The originality of such a design exhibits the complexity of choice involved in selecting conductors for coaxial cable. Table 1 lists some major characteristics of various conductors in popular use today. Use and application of the finished cable must not be slighted in the final design criteria. The manufacturing process of RG 62/U or RG 71/U groups requires several operations. In the first operation, the polyethylene thread is spiraled around the conductor.

In the second operation, the dielectric is extruded over the conductor and spiraled thread. In this operation, there is a possibility of breakage of the conductor due to the fact that the spiraled thread is not always even in diameter and it may cause a jam in the extruder tip. This jam will cause a momentary stoppage and the resulting jerk may cause breakage. The extruded insulation is "spark tested" as part of the extrusion operation to make sure there are no voids or holes in the dielectric. (The inner conductor is at ground potential.) Any pinhole in the dielectric will result in a spark failure, which is recorded as to location and reel number so that it may be cut out before passing through remaining operations.

The next operation is braiding. The extruded core is braided with one or two shields as required by the specification. During this operation, and all remaining operations, the cable is under constant tension. Following the braiding operation, the cable receives an extruded jacket. Again, the cable passes through a chain electrode at high potential to detect any jacket deficiencies. (The braid in this case is at ground potential.)

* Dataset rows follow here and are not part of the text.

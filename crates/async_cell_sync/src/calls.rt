//! The calls of a cell, and those of an owner. An owner's calls do what its cell's calls do, but
//! take no `rt`. The owner keeps an `rt`: the right to wait for the lock.
ghost use Rattle.std.specs.Prelude.{◌≡◌, Option, Some, None, IsOk, IfErr, IfOk, IfSome};
ghost use Rattle.std.specs.Fn.{FnOnceReturnsAt};
ghost use Rattle.async_cell_model.specs.Refusal.{FailsWithMemory};
ghost use Rattle.async_cell_step.specs.Rule.{IsCloneOfOne};
ghost use Rattle.async_cell_sync.specs.Owned.{cell_owned};

use crate::async_cell::AsyncCell;
use crate::owner::Owner;
use async_cell_core::{Refusal, TaskWaker};
use async_cell_history::Protocol;
use async_cell_model::Kept;
use std::fmt;
use std::sync::Wait;

impl<T: Drop, N: Protocol<T, TaskWaker>> AsyncCell<T, N> {
    /// Sets the value and drops the old one. Wakes all waiters.
    pub fn set<R: Wait>(&self, value: T, rt: &R)
        requires may { N.may (Kept.Replace value) }
    {
        self.core.put(value, rt);
    }

    /// Sets the value and wakes all waiters, if the cell holds no value. Drops `value` otherwise.
    pub fn or_set<R: Wait>(&self, value: T, rt: &R)
        requires may { N.may (Kept.OrSet value) }
    {
        let _ = self.core.or_set(value, rt);
    }

    /// As `or_set`, but returns an unused `value` in the error, also on a closed cell.
    pub fn try_set<R: Wait>(&self, value: T, rt: &R) -> Result<(), T>
        requires may { N.may (Kept.OrSet value) }
        ensures comes_back { IfErr result (λ back. back ≡ value) }
    {
        self.core.try_set(value, rt)
    }

    /// Sets the value and returns the old one. Wakes all waiters.
    pub fn replace<R: Wait>(&self, value: T, rt: &R) -> Option<T>
        requires may { N.may (Kept.Replace value) }
        ensures rule { IfSome result N.holds }
    {
        self.core.replace(value, rt).unwrap_or(None)
    }

    /// As `Owner::update`.
    pub fn update<F: FnOnce(Option<T>) -> Option<T> + Drop, R: Wait>(&self, change: F, rt: &R)
        requires callable { F.IsAlwaysCallable change }
        requires may { (saw put : Option T) → IfSome saw N.holds → F.post change saw put
            → N.may (Kept.Update saw put) }
        requires may_fail { N.may (Kept.Update None None) }
    {
        let _ = self.core.update(change, rt);
    }

    /// As `Owner::update_some`.
    pub fn update_some<F: FnOnce(T) -> T + Drop, R: Wait>(&self, change: F, rt: &R)
        requires callable { F.IsAlwaysCallable change }
        requires may { (old new : T) → N.holds old → F.post change old new
            → N.may (Kept.UpdateSome (Some old) (Some new)) }
        requires may_fail { N.may (Kept.UpdateSome None None) }
    {
        let _ = self.core.update_some(change, rt);
    }

    /// Takes the value, if there is one. The waiters stay registered.
    pub fn try_take<R: Wait>(&self, rt: &R) -> Option<T>
        requires may { N.may Kept.TryTake }
        ensures rule { IfSome result N.holds }
    {
        self.core.try_take(rt)
    }

    /// Returns a clone of the value, if there is one. Fails with `Memory` if the clone fails.
    pub fn try_get<R: Wait>(&self, rt: &R) -> Result<Option<T>, Refusal>
    where
        T: Clone,
        ensures rule { IfOk result (λ found. IfSome found (IsCloneOfOne T.is_clone N.holds)) }
        ensures if_infallible { ((value : T) → T.is_infallible value) → IsOk result }
        ensures refused { FailsWithMemory result }
    {
        self.core.try_get(rt)
    }

    /// As `Owner::peek`.
    pub fn peek<A, F: FnOnce(&T) -> A + Drop, R: Wait>(&self, look: F, rt: &R) -> Option<A>
        requires { F.IsAlwaysCallable look }
        ensures called { IfSome result (λ answer. (seen : T)
            × N.holds seen × FnOnceReturnsAt F.FnOnce look seen answer) }
    {
        self.core.peek(look, rt)
    }

    /// Returns whether the cell holds a value.
    pub fn is_set<R: Wait>(&self, rt: &R) -> bool {
        self.core.is_set(rt)
    }

    /// Returns whether the cell is closed, as `WeakOwner::is_closed` does.
    #[doc(hidden)]
    pub fn is_closed<R: Wait>(&self, rt: &R) -> bool {
        self.core.is_closed(rt)
    }

    /// Returns one of four texts: `AsyncCell::Empty`, `AsyncCell::Pending` if the cell has a waker
    /// (maybe of a dropped future), `AsyncCell::Closed`, or `AsyncCell::Full(..)` with the text of
    /// the value. The text of the value is made under the lock. Fails with `Memory` if there is no
    /// memory for the text, or if the value's `Debug` fails.
    pub fn debug_text<R: Wait>(&self, rt: &R) -> Result<String, Refusal>
    where
        T: fmt::Debug,
        ensures refused { FailsWithMemory result }
    {
        self.core.debug_text(self.alloc, rt)
    }

    /// Drops each waker that a dropped future left in the cell. The drop of a waker wakes the
    /// waker's task. While a waker stays in the cell, memory of its executor, such as the task,
    /// cannot be freed. So call this if many waits end early while the cell lives on. This call
    /// takes the lock once more than the wait list has places.
    pub fn purge<R: Wait>(&self, rt: &R) {
        self.core.store.purge(rt);
    }
}

impl<T: Drop, R: Wait + Drop, N: Protocol<T, TaskWaker>> Owner<T, R, N> {
    /// Sets the value and drops the old one. Wakes all waiters.
    pub fn set(&self, value: T)
        requires may { N.may (Kept.Replace value) }
    {
        self.shared.cell.core.put(value, &self.rt);
    }

    /// Sets the value and wakes all waiters, if the cell holds no value. Drops `value` otherwise.
    pub fn or_set(&self, value: T)
        requires may { N.may (Kept.OrSet value) }
    {
        self.shared.cell.or_set(value, &self.rt);
    }

    /// As `or_set`, but returns an unused `value` in the error, also on a closed cell.
    pub fn try_set(&self, value: T) -> Result<(), T>
        requires may { N.may (Kept.OrSet value) }
        ensures comes_back { IfErr result (λ back. back ≡ value) }
    {
        self.shared.cell.try_set(value, &self.rt)
    }

    /// Sets the value and returns the old one. Wakes all waiters.
    pub fn replace(&self, value: T) -> Option<T>
        requires may { N.may (Kept.Replace value) }
        ensures rule { IfSome result N.holds }
    {
        self.shared.cell.replace(value, &self.rt)
    }

    /// Calls the closure on the content, and stores what it returns. Wakes all waiters if an empty
    /// cell gets a value. The closure runs under the lock, and what the closure owns is dropped
    /// under the lock. Code that runs under the lock waits forever if it calls the cell or drops an
    /// `Owner` of the cell.
    ///
    /// ```rust
    /// let sum = Owner::new(rt.alloc(), rt)?;
    /// sum.update(|content| Some(content.unwrap_or(0u32).saturating_add(7)));
    /// println!(rt; "{:?}", sum.try_take())?; // prints Some(7)
    /// ```
    pub fn update<F: FnOnce(Option<T>) -> Option<T> + Drop>(&self, change: F)
        requires callable { F.IsAlwaysCallable change }
        requires may { (saw put : Option T) → IfSome saw N.holds → F.post change saw put
            → N.may (Kept.Update saw put) }
        requires may_fail { N.may (Kept.Update None None) }
    {
        self.shared.cell.update(change, &self.rt);
    }

    /// As `update`, but the closure is given a value and returns a value. If the cell holds no
    /// value, the closure is not called.
    pub fn update_some<F: FnOnce(T) -> T + Drop>(&self, change: F)
        requires callable { F.IsAlwaysCallable change }
        requires may { (old new : T) → N.holds old → F.post change old new
            → N.may (Kept.UpdateSome (Some old) (Some new)) }
        requires may_fail { N.may (Kept.UpdateSome None None) }
    {
        self.shared.cell.update_some(change, &self.rt);
    }

    /// As `AsyncCell::purge`.
    pub fn purge(&self) {
        self.shared.cell.purge(&self.rt);
    }

    /// Takes the value, if there is one. The waiters stay registered.
    ///
    /// ```rust
    /// let cell = Owner::new_with(rt.alloc(), 6, rt)?;
    /// cell.set(7);
    /// println!(rt; "{:?}", cell.try_take())?; // prints Some(7)
    /// println!(rt; "{:?}", cell.try_take())?; // prints None
    /// ```
    pub fn try_take(&self) -> Option<T>
        requires may { N.may Kept.TryTake }
        ensures rule { IfSome result N.holds }
    {
        self.shared.cell.core.try_take(&self.rt)
    }

    /// Returns a clone of the value, if there is one. Fails with `Memory` if the clone fails.
    pub fn try_get(&self) -> Result<Option<T>, Refusal>
    where
        T: Clone,
        ensures rule { IfOk result (λ found. IfSome found (IsCloneOfOne T.is_clone N.holds)) }
        ensures if_infallible { ((value : T) → T.is_infallible value) → IsOk result }
        ensures refused { FailsWithMemory result }
    {
        self.shared.cell.core.try_get(&self.rt)
    }

    /// Calls the closure on the value, if there is one, and returns the closure's result. The
    /// closure runs under the lock, so a closure that calls the same cell waits forever (see
    /// `AsyncCell`).
    pub fn peek<A, F: FnOnce(&T) -> A + Drop>(&self, look: F) -> Option<A>
        requires { F.IsAlwaysCallable look }
        ensures called { IfSome result (λ answer. (seen : T)
            × N.holds seen × FnOnceReturnsAt F.FnOnce look seen answer) }
    {
        self.shared.cell.peek(look, &self.rt)
    }

    /// Returns whether the cell holds a value.
    pub fn is_set(&self) -> bool {
        self.shared.cell.is_set(&self.rt)
    }

    /// Returns the cell, so that you can call its methods with an `rt` other than the owner's.
    pub fn cell(&self) -> &AsyncCell<T, N>
        ensures held { result.now ≡ cell_owned self.now }
    {
        self.shared.cell()
    }

    /// As `AsyncCell::debug_text`.
    pub fn debug_text(&self) -> Result<String, Refusal>
    where
        T: fmt::Debug,
        ensures refused { FailsWithMemory result }
    {
        self.shared.cell.debug_text(&self.rt)
    }
}

impl<R: Wait + Drop> Owner<(), R> {
    /// Sets the value and wakes all waiters. The first `wait` that is polled takes the value, and
    /// the other ones keep waiting. A `get` leaves the value in the cell, and is ready until
    /// somebody takes the value.
    pub fn notify(&self) {
        self.set(());
    }
}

When the dielectric of polyethylene coaxial cable (whether it is solid or semi-solid) is extruded, strains develop in the material. In theory, these strains are reduced by the use of hot water in the cooling trough. As the dielectric is run through the cooling trough, it runs through very hot water to cool water in graduated steps; therefore, most of the strain should have been relieved. The remaining operations all keep this first extrusion under tension, so that any strains which might have been retained from the extrusion operation have little opportunity to be relieved. When the cable is unreeled, this releases strains if any are present and there could be a conductor movement disproportionate to dielectric movement which might show up only in localized areas. To detect this possible trouble area, the "sweep test " may be used.

As is seen from the preceding explanation, there are possible problems arising in the manufacture of coaxial cable. Some physical problems may lead to electronic problems. For these reasons, manufacturers are constantly improving process controls so that the finished cable will meet the highest standards.

The manufacture of coaxial cable is an exacting process and the very sophisticated application to which it is put, demands the highest quality.

Coaxial cable is probably the most versatile type of cable in existence today. Its development was one of the truly great milestones in the science of long- distance communication as well as transmission of highly complex signals within a relatively simple cable.